» WHAT TO DO:
Every line with the string "Settle" must be copied from the entries below.

» SOURCE MATERIAL:
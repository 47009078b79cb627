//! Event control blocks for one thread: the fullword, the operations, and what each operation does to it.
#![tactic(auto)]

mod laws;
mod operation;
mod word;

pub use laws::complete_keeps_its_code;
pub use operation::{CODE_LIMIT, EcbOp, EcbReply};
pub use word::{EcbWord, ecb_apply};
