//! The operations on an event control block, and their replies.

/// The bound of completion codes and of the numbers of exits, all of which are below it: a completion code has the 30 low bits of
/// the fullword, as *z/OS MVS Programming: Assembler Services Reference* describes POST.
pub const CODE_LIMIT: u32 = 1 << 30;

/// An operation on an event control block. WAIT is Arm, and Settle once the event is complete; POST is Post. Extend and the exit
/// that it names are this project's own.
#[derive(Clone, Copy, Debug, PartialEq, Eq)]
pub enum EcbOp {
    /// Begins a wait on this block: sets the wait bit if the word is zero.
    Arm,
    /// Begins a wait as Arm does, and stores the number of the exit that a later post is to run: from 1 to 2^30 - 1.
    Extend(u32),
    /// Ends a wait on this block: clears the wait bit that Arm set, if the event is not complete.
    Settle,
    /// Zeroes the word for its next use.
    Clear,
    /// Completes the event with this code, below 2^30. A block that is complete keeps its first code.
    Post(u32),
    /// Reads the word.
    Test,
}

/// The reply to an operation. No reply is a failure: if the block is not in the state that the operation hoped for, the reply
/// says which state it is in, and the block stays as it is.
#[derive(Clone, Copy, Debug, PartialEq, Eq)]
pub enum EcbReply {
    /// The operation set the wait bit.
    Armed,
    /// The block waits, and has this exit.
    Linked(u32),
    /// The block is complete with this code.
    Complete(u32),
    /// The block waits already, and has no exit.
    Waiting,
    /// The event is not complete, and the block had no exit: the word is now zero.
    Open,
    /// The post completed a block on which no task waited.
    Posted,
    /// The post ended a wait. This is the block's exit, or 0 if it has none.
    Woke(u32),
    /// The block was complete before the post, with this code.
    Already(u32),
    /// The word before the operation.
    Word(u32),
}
--
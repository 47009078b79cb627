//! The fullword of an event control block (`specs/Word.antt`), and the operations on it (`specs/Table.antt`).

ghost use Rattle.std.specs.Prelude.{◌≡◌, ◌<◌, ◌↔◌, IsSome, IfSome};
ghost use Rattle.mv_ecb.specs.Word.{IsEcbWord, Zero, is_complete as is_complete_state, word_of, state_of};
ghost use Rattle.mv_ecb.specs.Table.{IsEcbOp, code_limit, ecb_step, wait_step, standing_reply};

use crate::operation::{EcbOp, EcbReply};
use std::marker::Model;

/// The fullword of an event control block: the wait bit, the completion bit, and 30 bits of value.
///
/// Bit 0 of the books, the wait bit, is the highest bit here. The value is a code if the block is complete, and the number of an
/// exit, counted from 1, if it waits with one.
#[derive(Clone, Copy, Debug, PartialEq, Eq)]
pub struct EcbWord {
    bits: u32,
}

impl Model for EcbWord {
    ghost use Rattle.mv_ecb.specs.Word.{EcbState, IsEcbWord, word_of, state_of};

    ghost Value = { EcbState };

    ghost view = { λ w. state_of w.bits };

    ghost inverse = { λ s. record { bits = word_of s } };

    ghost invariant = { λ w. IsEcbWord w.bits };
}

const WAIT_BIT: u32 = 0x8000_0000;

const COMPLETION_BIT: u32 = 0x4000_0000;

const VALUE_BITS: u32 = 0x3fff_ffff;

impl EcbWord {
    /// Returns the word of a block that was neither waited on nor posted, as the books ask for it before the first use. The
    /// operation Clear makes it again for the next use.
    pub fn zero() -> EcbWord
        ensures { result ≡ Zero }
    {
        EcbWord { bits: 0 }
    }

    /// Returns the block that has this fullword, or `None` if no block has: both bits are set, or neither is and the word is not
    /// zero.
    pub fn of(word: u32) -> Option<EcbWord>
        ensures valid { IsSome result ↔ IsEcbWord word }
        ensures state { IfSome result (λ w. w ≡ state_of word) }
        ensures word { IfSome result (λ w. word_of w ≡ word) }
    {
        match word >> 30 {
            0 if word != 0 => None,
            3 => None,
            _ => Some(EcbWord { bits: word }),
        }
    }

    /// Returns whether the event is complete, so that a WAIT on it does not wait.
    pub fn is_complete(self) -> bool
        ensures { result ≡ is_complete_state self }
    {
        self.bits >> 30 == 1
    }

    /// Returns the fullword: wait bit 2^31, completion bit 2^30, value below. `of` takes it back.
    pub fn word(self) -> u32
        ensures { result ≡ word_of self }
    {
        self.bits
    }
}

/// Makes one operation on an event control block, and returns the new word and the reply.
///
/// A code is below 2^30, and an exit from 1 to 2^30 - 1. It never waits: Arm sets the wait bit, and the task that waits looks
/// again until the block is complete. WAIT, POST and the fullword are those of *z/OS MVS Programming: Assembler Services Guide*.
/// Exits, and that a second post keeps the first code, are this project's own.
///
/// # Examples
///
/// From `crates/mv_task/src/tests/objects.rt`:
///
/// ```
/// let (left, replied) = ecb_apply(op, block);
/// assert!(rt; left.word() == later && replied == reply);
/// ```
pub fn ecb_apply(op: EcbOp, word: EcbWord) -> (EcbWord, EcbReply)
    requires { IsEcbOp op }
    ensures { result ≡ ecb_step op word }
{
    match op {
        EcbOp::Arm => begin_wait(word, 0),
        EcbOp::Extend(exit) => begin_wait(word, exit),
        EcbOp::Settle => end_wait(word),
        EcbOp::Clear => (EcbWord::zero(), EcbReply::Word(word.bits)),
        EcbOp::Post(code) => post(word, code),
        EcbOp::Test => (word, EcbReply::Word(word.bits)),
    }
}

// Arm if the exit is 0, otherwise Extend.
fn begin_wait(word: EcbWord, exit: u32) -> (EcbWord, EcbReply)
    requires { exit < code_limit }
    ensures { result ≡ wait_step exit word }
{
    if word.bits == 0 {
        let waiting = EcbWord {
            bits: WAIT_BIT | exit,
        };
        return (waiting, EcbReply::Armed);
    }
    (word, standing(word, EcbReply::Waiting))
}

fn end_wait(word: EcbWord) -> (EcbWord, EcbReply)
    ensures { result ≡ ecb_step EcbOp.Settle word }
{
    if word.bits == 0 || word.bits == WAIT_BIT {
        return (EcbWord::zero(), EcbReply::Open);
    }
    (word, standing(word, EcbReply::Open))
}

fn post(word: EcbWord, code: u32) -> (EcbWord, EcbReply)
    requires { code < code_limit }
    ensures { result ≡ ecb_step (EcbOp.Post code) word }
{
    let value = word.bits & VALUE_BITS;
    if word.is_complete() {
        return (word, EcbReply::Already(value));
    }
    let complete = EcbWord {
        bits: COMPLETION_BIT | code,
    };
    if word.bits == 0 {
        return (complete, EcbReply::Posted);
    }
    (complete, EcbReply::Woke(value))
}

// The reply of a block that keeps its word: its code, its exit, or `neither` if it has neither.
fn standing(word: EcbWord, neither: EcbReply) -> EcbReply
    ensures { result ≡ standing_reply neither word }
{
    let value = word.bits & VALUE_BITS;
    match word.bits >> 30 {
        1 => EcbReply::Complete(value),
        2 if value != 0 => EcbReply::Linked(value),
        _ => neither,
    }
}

» WRITTEN REPLY:
/// An operation on an event control block. WAIT is Arm, and Settle once the event is complete; POST is Post. Extend and the exit
    Settle,
        EcbOp::Settle => end_wait(word),
    ensures { result ≡ ecb_step EcbOp.Settle word }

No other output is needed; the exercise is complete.